How journaling, meditation and a spaceman can inspire pupils’ compassion and gratitude

A five-week programme of school-based activities promoting compassion and gratitude can have a noticeable effect on pupils’ attitudes and virtue literacy of two key virtues, according to a pilot study by the Jubilee Centre for Character and Virtues.

Students’ scores on a well-known measure of gratitude increased after a targeted gratitude intervention, most markedly in girls, according to the pilot’s preliminary results (see Appendix 1).

A comparison of mind maps completed by these 11 and 12-year-olds both before and after the teaching sessions also showed a significantly enhanced virtue literacy, i.e. understanding of the key concepts.

Individual children’s initial knowledge of compassion and gratitude, as expressed in the mind maps, was enriched by the process, leading to more nuanced diagrammatic representations of the virtues, suggesting wider comprehension and learning.

Exercises were undertaken during a pilot study for the Gratitude and Related Character Virtues project, being conducted by researchers at the Jubilee Centre.

This empirical study is embedded within a wider project that is looking at the relationship between gratitude and the “other-regarding” virtues of compassion, humility, generosity and forgiveness. Research Fellow Dr Liz Gulliford is seeking to establish if teaching interventions designed to promote one of these virtues has the effect of increasing the others. The current empirical study focuses on compassion and gratitude within a secondary school setting.

The pilot shows gratitude scores increased in girls and boys who took part in the compassion intervention (Appendix 1).
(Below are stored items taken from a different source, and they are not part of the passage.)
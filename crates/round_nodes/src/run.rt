//! Runs.
use keys::Key;

/// A node that was settled by turns, or a leaf that was read.
#[derive(Drop)]
pub struct Run {
    /// The node.
    pub key: Key,
    /// The version at which it was settled.
    pub version: u32,
    /// How many turns it made, which are 0 for a leaf.
    pub turns: u64,
}
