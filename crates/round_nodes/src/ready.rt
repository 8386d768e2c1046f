//! Nodes whose next turn can be handed out.
ghost use Rattle.std.specs.Prelude.{◌≡◌, ◌≢◌, [], Some, false, ◌↔◌, All, IfNone, IfSome, IsTrue, OnOk, length};
ghost use Rattle.std.specs.BTreeMap.Range.{IsLeBy};
ghost use Rattle.std.specs.declared.cmp.Ordering.TheVariants.{Less, Equal, Greater};
ghost use Rattle.engine_semantics.specs.Value.{In};
ghost use Rattle.keys.specs.Keys.{key_cmp};
ghost use Rattle.node.specs.Edges.{IsAdded, IsRemoved};
ghost use Rattle.round_nodes.specs.Ready.{keys_of, IsBelow, IsBelowAll};

use base_types::Memory;
use keys::Key;
use std::alloc::Global;
use std::cmp::Ordering;
use std::collections::BTreeSet;
use std::marker::Model;
use std::mem;

/// A set of keys in order. The least key is apart from the others most of the time, since the key that was added last
/// is mostly the least and is taken out next. A contract sees the set.
#[derive(Drop)]
pub struct ReadySet {
    next: Option<Key>,
    rest: BTreeSet<Key>,
}

impl Model for ReadySet {
    ghost use Rattle.std.specs.BTreeSet.{BTreeSet as Seen};
    ghost use Rattle.keys.specs.declared.key.Key.{Key};
    ghost use Rattle.round_nodes.specs.Ready.{keys_of, IsBelow};

    ghost Value = { Seen Key };

    ghost view = { λ s. record { keys = keys_of s.next s.rest.keys } };

    ghost invariant = { λ s. IsBelow s.next s.rest.keys };
}

// Compares a key with the least one of a set; it is below the least of an empty set.
fn compare_least(next: &Option<Key>, rest: &BTreeSet<Key>, key: &Key) -> Ordering
    requires below { IsBelow next.now rest.now.keys }
    ensures less { result ≡ Less → IsBelowAll key.now (keys_of next.now rest.now.keys) }
    ensures equal { result ≡ Equal → In key.now (keys_of next.now rest.now.keys) }
    ensures greater { result ≡ Greater → IfSome next.now (λ n. key_cmp n key.now ≡ Less) }
{
    match next {
        Some(least) => key.cmp(least),
        None => {
            match rest.first() {
                Some(least) => key.cmp(least),
                None => Ordering::Less,
            }
        }
    }
}

// Returns whether this is the key that is apart.
fn is_next(next: &Option<Key>, key: &Key) -> bool
    ensures yes { IsTrue result → next.now ≡ Some key.now }
    ensures no { result ≡ false → next.now ≢ Some key.now }
{
    match next {
        Some(found) => *found == *key,
        None => false,
    }
}

// Puts a key that is below all others before them.
fn put_first(next: &mut Option<Key>, rest: &mut BTreeSet<Key>, key: Key) -> Result<(), Memory>
    requires below { IsBelow next.old rest.old.keys }
    requires least { IsBelowAll key (keys_of next.old rest.old.keys) }
    ensures added { OnOk result
        (IsAdded (keys_of next.old rest.old.keys) (keys_of next.new rest.new.keys) key) }
    ensures below { IsBelow next.new rest.new.keys }
{
    if let Some(second) = mem::replace(next, Some(key)) {
        rest.insert(second)?;
    }
    Ok(())
}

impl ReadySet {
    /// Makes an empty set.
    pub fn new(alloc: Global) -> ReadySet
        ensures { result.keys ≡ [] }
    {
        ReadySet {
            next: None,
            rest: BTreeSet::new(alloc),
        }
    }

    /// Returns the least key, if there is one.
    pub fn first(&self) -> Option<&Key>
        ensures some { IfSome result (λ k. In k.now self.now.keys) }
        ensures none { IfNone result (self.now.keys ≡ []) }
        ensures least { IfSome result (λ k. All (IsLeBy key_cmp k.now) self.now.keys) }
    {
        match &self.next {
            Some(key) => Some(key),
            None => self.rest.first(),
        }
    }

    /// Returns how many keys there are.
    pub fn len(&self) -> usize
        ensures { result ≡ length self.now.keys }
    {
        match &self.next {
            Some(_) => self.rest.len() + 1,
            None => self.rest.len(),
        }
    }

    /// Returns whether a key is in the set.
    pub fn contains(&self, key: &Key) -> bool
        ensures { IsTrue result ↔ In key.now self.now.keys }
    {
        is_next(&self.next, key) || self.rest.contains(key)
    }

    /// Adds a key. Returns `Memory` if an allocation fails.
    pub fn insert(&mut self, key: Key) -> Result<(), Memory>
        ensures { OnOk result (IsAdded self.old.keys self.new.keys key) }
    {
        match compare_least(&self.next, &self.rest, &key) {
            Ordering::Less => put_first(&mut self.next, &mut self.rest, key),
            Ordering::Equal => Ok(()),
            Ordering::Greater => {
                self.rest.insert(key)?;
                Ok(())
            }
        }
    }

    /// Takes a key out, if it is there.
    pub fn remove(&mut self, key: &Key)
        ensures { IsRemoved self.old.keys self.new.keys key.now }
    {
        if is_next(&self.next, key) {
            self.next = None;
        } else {
            let _was_there = self.rest.remove(key);
        }
    }
}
These students had not received any elements of the programme which targeted gratitude specifically, which suggests that these virtues are mutually enriching.

As with the pilot study, the main experimental study due to begin in the autumn will see two classes participating in either the gratitude or compassion intervention while a third will act as a control group in each school. As with the pilot study, teachers are provided with teaching handbooks, which focus on either promoting compassion or gratitude. These specially designed handbooks consist of short, engaging activities such as discussions, writing exercises (such as keeping a gratitude journal), drama and meditation or reflective periods designed to nurture caring and warmth.
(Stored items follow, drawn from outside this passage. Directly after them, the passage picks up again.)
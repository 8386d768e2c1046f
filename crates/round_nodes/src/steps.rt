//! One step of the table of open nodes.
ghost use Rattle.std.specs.Prelude.{◌≡◌, [], OnOk, IfOk, Some, None};
ghost use Rattle.keys.specs.declared.key.Key.{Key};
ghost use Rattle.node.specs.Edges.{IsRemoved};
ghost use Rattle.node.specs.Records.{items_of};
ghost use Rattle.round_nodes.specs.Nodes.{node_at, groups_of, pending};
ghost use Rattle.round_nodes.specs.Steps.{HasEntered, HasPhase, SameRuns, Pends, Readies, HasWatcher, HasLeft, HasNoted, HasAsked};
ghost use Rattle.round_nodes.specs.declared.table.Node.{Node};
ghost use Rattle.round_nodes.specs.declared.table.Phase.TheVariants as phase;

use crate::ready::ReadySet;
use crate::run::Run;
use crate::table::{Node, Nodes, OpenNodes, Phase};
use base_types::Memory;
use indexmap::IndexMap;
use keys::Key;
use std::alloc::Global;

impl OpenNodes {
    /// Makes a table in which nothing is opened yet.
    pub fn new(alloc: Global) -> OpenNodes
        ensures nodes { result.nodes.entries ≡ [] }
        ensures ready { result.ready.keys ≡ [] }
        ensures work { pending result ≡ [] }
        ensures runs { result.runs.items ≡ [] }
    {
        OpenNodes {
            nodes: IndexMap::new(alloc),
            ready: ReadySet::new(alloc),
            queue: Vec::new(alloc),
            visited: 0,
            runs: Vec::new(alloc),
        }
    }
}

// Adds a node to the open ones.
fn enter(alloc: Global, nodes: &mut Nodes, key: Key, phase: Phase) -> Result<(), Memory>
    ensures { OnOk result (HasEntered nodes.old nodes.new key phase) }
{
    let node = Node {
        groups: Vec::new(alloc),
        waiters: Vec::new(alloc),
        phase,
    };
    nodes.insert(key, node)?;
    Ok(())
}

/// Adds the node to those that are to be visited, after the others.
pub fn enqueue(table: &mut OpenNodes, key: &Key) -> Result<(), Memory>
    ensures pends { OnOk result (Pends table.old table.new key.now) }
    ensures nodes { table.new.nodes ≡ table.old.nodes }
    ensures looked { OnOk result (table.new.visited ≡ table.old.visited) }
{
    table.queue.push(key.share()?)?;
    Ok(())
}

/// Adds the node to those whose next turn can be handed out.
pub fn put_ready(table: &mut OpenNodes, key: &Key) -> Result<(), Memory>
    ensures readies { OnOk result (Readies table.old table.new key.now) }
    ensures nodes { table.new.nodes ≡ table.old.nodes }
    ensures looked { OnOk result (table.new.visited ≡ table.old.visited) }
{
    table.ready.insert(key.share()?)?;
    Ok(())
}

/// Opens a node whose record is to be checked.
pub fn begin_check(alloc: Global, table: &mut OpenNodes, key: &Key) -> Result<(), Memory>
    ensures pends { OnOk result (Pends table.old table.new key.now) }
    ensures entered { OnOk result (HasEntered table.old.nodes table.new.nodes key.now
        (phase.Checking 0)) }
    ensures looked { OnOk result (table.new.visited ≡ table.old.visited) }
{
    enqueue(table, key)?;
    enter(alloc, &mut table.nodes, key.share()?, Phase::Checking(0))?;
    Ok(())
}

/// Opens a node that needs its first turn.
pub fn begin_run(alloc: Global, table: &mut OpenNodes, key: &Key) -> Result<(), Memory>
    ensures readies { OnOk result (Readies table.old table.new key.now) }
    ensures entered { OnOk result
        (HasEntered table.old.nodes table.new.nodes key.now phase.Running) }
    ensures looked { OnOk result (table.new.visited ≡ table.old.visited) }
{
    put_ready(table, key)?;
    enter(alloc, &mut table.nodes, key.share()?, Phase::Running)?;
    Ok(())
}

// Sets what a node does from now on.
fn set_phase(nodes: &mut Nodes, key: &Key, phase: Phase)
    ensures { HasPhase nodes.old nodes.new key.now phase }
{
    if let Some(node) = nodes.get_mut(key) {
        node.phase = phase;
    }
}

/// Notes how many groups a check has passed, and adds the node to those that are to be visited.
pub fn pass_groups(table: &mut OpenNodes, key: &Key, passed: usize) -> Result<(), Memory>
    ensures pends { OnOk result (Pends table.old table.new key.now) }
    ensures phase { OnOk result (HasPhase table.old.nodes table.new.nodes key.now
        (phase.Checking passed)) }
    ensures looked { OnOk result (table.new.visited ≡ table.old.visited) }
{
    enqueue(table, key)?;
    set_phase(&mut table.nodes, key, Phase::Checking(passed));
    Ok(())
}

/// Makes a node need its first turn, since its check came to a group with a changed member.
pub fn restart(table: &mut OpenNodes, key: &Key) -> Result<(), Memory>
    ensures readies { OnOk result (Readies table.old table.new key.now) }
    ensures phase { OnOk result (HasPhase table.old.nodes table.new.nodes key.now phase.Running) }
    ensures looked { OnOk result (table.new.visited ≡ table.old.visited) }
{
    put_ready(table, key)?;
    set_phase(&mut table.nodes, key, Phase::Running);
    Ok(())
}

// Makes the node wait for the member.
fn add_waiter(nodes: &mut Nodes, member: &Key, key: Key) -> Result<(), Memory>
    ensures { OnOk result (HasWatcher nodes.old nodes.new member.now key) }
{
    if let Some(node) = nodes.get_mut(member) {
        node.waiters.push(key)?;
    }
    Ok(())
}

/// Makes the node wait for the member.
pub fn wait_for(table: &mut OpenNodes, member: &Key, key: &Key) -> Result<(), Memory>
    ensures watches { OnOk result (HasWatcher table.old.nodes table.new.nodes member.now key.now) }
    ensures pends { OnOk result (pending table.new ≡ pending table.old) }
    ensures ready { OnOk result (table.new.ready.keys ≡ table.old.ready.keys) }
    ensures runs { OnOk result (SameRuns table.old table.new) }
    ensures looked { OnOk result (table.new.visited ≡ table.old.visited) }
{
    add_waiter(&mut table.nodes, member, key.share()?)?;
    Ok(())
}

/// Removes the node, so that those that wait for it are visited. Returns the groups that it asked for.
pub fn close_node(alloc: Global, table: &mut OpenNodes, key: &Key) -> Result<Vec<Vec<Key>>, Memory>
    ensures left { OnOk result ((n : Node) → node_at table.old.nodes key.now ≡ Some n
        → HasLeft table.old table.new key.now n) }
    ensures groups { IfOk result (λ groups. (n : Node) → node_at table.old.nodes key.now ≡ Some n
        → items_of groups.items ≡ groups_of n) }
    ensures looked { OnOk result (table.new.visited ≡ table.old.visited) }
{
    match table.nodes.swap_remove(key) {
        None => Ok(Vec::new(alloc)),
        Some(node) => {
            let Node {
                groups,
                waiters: mut watchers,
                phase: _,
            } = node;
            table.queue.append(&mut watchers)?;
            Ok(groups)
        }
    }
}

/// Adds a run to the log.
pub fn log_run(table: &mut OpenNodes, key: &Key, version: u32, turns: u64) -> Result<(), Memory>
    ensures { OnOk result
        (HasNoted table.old table.new
        (record { key = key.now; version = version; turns = turns })) }
{
    table.runs.push(Run {
        key: key.share()?,
        version,
        turns,
    })?;
    Ok(())
}

/// Notes that the node's job is out.
pub fn set_out(table: &mut OpenNodes, key: &Key)
    ensures phase { HasPhase table.old.nodes table.new.nodes key.now phase.Out }
    ensures ready { IsRemoved table.old.ready.keys table.new.ready.keys key.now }
    ensures pends { pending table.new ≡ pending table.old }
    ensures runs { SameRuns table.old table.new }
    ensures looked { table.new.visited ≡ table.old.visited }
{
    table.ready.remove(key);
    set_phase(&mut table.nodes, key, Phase::Out);
}

// Adds a group after those that a node asked for, and lets the node run.
fn add_group(nodes: &mut Nodes, key: &Key, group: Vec<Key>) -> Result<(), Memory>
    ensures { OnOk result (HasAsked nodes.old nodes.new key.now group.items) }
{
    if let Some(node) = nodes.get_mut(key) {
        node.groups.push(group)?;
        node.phase = Phase::Running;
    }
    Ok(())
}

/// Notes that the node's turn asked for the group.
pub fn ask_group(table: &mut OpenNodes, key: &Key, group: Vec<Key>) -> Result<(), Memory>
    ensures pends { OnOk result (Pends table.old table.new key.now) }
    ensures asked { OnOk result (HasAsked table.old.nodes table.new.nodes key.now group.items) }
    ensures looked { OnOk result (table.new.visited ≡ table.old.visited) }
{
    enqueue(table, key)?;
    add_group(&mut table.nodes, key, group)?;
    Ok(())
}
In the gratitude intervention, one activity invites children to write a thank you letter. The letter is written to someone who has made a significant and “positive difference in their life,” ideally someone the pupil has not yet thanked for this important contribution. If they have time, the letter can be decorated to make it look special.

When distance permits and as part of homework, the pupil is encouraged to visit the recipient with a view to reading the letter out loud before giving it to them to keep. The teaching materials are simple – paper, coloured pencils/paper, envelopes and, in the case of letters being sent a long distance. A follow-up activity in a different lesson asks children to share their recipient’s reactions to the letter.

The activities in the compassion intervention include a comprehension exercise based on the story of the Good Samaritan. A light-hearted poem focuses on different people’s responses to a football fan who is injured at a match: a medic overlooks the stricken supporter, but a rival fan finally helps the victim. Pupils are invited to comment on the scenario from a range of perspectives.

In another exercise, children are asked to comment on a topical news item. In the pilot, one of the stories the pupils chose to highlight featured seven-year-old Japanese boy Yamato Tanooka, who went missing in a forest – and was subsequently rescued – having been apparently abandoned by his parents as a punishment. Children are asked to put themselves in the shoes of the people in these news stories and imagine how they would feel in that situation.

Before the intervention begins, classes are asked to complete an identical questionnaire that measures gratitude, empathy (as a proxy for compassion), perseverance and happiness. The questionnaire is repeated at the end of the five-week period and the results compared to gauge if there has been an increase in the virtue targeted by the intervention and in any of the other measures.

Perseverance is included because it is an “inward” looking virtue, a skill of self-control, rather than an “outward” looking and other-regarding virtue like gratitude and compassion. Will this virtue also show an increase as a result of the intervention? Additionally, could such interventions also promote wellbeing?

Dr Gulliford says: “The measure of happiness is included in the pre- and post-intervention questionnaires because both compassion and gratitude have been correlated with increased wellbeing. We are interested to see if scores on the happiness measure go up as a result of taking part in either intervention.”

Dr Gulliford has been pleased with the results of the pilot and is looking forward to the full-scale research project in the autumn. She says: “Preliminary data shows increasing complexity in young people’s understanding of the concepts of compassion and gratitude. The mind maps show conceptual richness emerging in the data and indicate that it is possible to influence the children’s conceptual understanding and virtue literacy of compassion and gratitude.

“We are encouraged by the early results which appear to show improvements in pupils’ virtue literacy. The pilot suggests the interventions are helping to build a vital bedrock of understanding among young people.”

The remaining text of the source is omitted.